- Brief -
Each line of the entries below that holds "there" is needed, copied in full.

- Data -
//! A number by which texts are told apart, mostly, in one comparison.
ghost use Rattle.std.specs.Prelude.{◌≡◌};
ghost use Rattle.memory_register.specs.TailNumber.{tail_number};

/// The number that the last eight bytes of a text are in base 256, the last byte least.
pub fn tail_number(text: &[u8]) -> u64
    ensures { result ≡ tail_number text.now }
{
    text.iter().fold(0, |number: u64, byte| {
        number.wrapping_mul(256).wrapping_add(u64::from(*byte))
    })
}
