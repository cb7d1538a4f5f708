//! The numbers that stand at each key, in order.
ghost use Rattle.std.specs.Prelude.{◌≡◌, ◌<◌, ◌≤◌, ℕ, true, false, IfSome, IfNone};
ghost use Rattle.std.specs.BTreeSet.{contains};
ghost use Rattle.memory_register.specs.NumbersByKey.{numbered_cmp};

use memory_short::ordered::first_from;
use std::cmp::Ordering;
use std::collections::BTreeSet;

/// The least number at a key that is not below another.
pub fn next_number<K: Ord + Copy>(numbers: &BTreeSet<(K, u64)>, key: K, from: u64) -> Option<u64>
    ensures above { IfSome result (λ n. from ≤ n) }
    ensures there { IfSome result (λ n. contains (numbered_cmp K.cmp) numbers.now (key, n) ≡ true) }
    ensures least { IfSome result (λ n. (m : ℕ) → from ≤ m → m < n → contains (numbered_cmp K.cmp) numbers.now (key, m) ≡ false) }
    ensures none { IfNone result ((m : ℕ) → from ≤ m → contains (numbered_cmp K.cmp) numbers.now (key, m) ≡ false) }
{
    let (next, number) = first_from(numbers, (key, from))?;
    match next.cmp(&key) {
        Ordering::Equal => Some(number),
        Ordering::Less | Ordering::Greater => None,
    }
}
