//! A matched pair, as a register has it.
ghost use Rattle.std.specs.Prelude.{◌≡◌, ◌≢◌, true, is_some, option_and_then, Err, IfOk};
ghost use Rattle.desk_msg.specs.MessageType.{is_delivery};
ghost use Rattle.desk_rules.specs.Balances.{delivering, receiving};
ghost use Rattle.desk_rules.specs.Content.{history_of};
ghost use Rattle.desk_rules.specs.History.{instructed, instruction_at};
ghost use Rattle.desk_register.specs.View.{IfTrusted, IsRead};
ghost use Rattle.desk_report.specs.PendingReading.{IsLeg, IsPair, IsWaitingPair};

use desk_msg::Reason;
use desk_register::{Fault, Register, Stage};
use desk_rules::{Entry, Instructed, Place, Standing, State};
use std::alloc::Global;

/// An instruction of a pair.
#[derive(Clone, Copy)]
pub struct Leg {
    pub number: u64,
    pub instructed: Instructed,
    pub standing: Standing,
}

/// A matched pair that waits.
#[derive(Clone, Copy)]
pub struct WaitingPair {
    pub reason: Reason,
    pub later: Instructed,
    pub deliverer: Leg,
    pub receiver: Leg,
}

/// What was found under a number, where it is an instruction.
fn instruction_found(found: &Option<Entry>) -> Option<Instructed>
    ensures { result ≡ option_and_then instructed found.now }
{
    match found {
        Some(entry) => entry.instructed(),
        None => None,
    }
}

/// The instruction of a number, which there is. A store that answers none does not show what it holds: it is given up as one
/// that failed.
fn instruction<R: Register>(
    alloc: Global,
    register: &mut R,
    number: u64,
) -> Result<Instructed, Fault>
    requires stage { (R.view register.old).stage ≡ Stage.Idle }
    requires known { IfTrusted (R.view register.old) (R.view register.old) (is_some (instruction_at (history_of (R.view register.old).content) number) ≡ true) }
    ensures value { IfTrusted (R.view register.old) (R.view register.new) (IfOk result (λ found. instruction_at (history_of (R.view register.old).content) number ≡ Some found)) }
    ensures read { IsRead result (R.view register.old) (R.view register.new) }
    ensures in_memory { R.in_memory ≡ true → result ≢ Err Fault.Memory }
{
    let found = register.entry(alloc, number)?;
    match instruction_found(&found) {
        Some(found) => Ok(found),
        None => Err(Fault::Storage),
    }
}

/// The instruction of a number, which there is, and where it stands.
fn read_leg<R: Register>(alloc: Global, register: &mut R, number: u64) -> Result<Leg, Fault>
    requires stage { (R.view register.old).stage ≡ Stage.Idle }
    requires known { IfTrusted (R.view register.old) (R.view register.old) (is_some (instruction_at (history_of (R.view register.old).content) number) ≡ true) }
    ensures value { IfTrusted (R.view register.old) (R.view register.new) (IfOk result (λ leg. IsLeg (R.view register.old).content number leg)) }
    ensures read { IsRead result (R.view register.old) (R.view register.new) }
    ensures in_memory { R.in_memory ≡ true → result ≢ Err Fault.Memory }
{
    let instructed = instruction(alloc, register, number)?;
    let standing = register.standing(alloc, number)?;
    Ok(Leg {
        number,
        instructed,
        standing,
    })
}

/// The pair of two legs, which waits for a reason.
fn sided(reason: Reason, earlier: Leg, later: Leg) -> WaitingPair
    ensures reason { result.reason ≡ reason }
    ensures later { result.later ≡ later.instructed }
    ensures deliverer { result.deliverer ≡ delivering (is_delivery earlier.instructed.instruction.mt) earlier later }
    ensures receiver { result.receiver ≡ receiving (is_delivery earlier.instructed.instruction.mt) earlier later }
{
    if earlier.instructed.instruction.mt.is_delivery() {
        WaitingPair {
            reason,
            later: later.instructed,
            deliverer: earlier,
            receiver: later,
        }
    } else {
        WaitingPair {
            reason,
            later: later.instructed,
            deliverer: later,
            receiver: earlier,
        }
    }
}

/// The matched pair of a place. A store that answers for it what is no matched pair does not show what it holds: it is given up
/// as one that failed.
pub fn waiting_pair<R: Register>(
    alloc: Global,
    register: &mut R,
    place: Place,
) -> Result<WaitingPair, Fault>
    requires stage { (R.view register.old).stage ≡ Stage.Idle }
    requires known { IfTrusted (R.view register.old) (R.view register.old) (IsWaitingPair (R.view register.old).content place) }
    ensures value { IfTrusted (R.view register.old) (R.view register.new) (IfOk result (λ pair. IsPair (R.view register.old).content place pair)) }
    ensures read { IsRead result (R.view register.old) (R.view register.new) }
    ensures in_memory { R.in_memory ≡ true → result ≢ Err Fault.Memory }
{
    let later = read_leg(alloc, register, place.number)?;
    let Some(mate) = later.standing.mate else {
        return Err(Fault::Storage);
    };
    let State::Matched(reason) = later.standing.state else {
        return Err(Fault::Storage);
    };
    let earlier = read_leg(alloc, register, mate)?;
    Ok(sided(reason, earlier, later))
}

- Response -
    ensures there { IfSome result (λ n. contains (numbered_cmp K.cmp) numbers.now (key, n) ≡ true) }
/// The instruction of a number, which there is. A store that answers none does not show what it holds: it is given up as one
/// The instruction of a number, which there is, and where it stands.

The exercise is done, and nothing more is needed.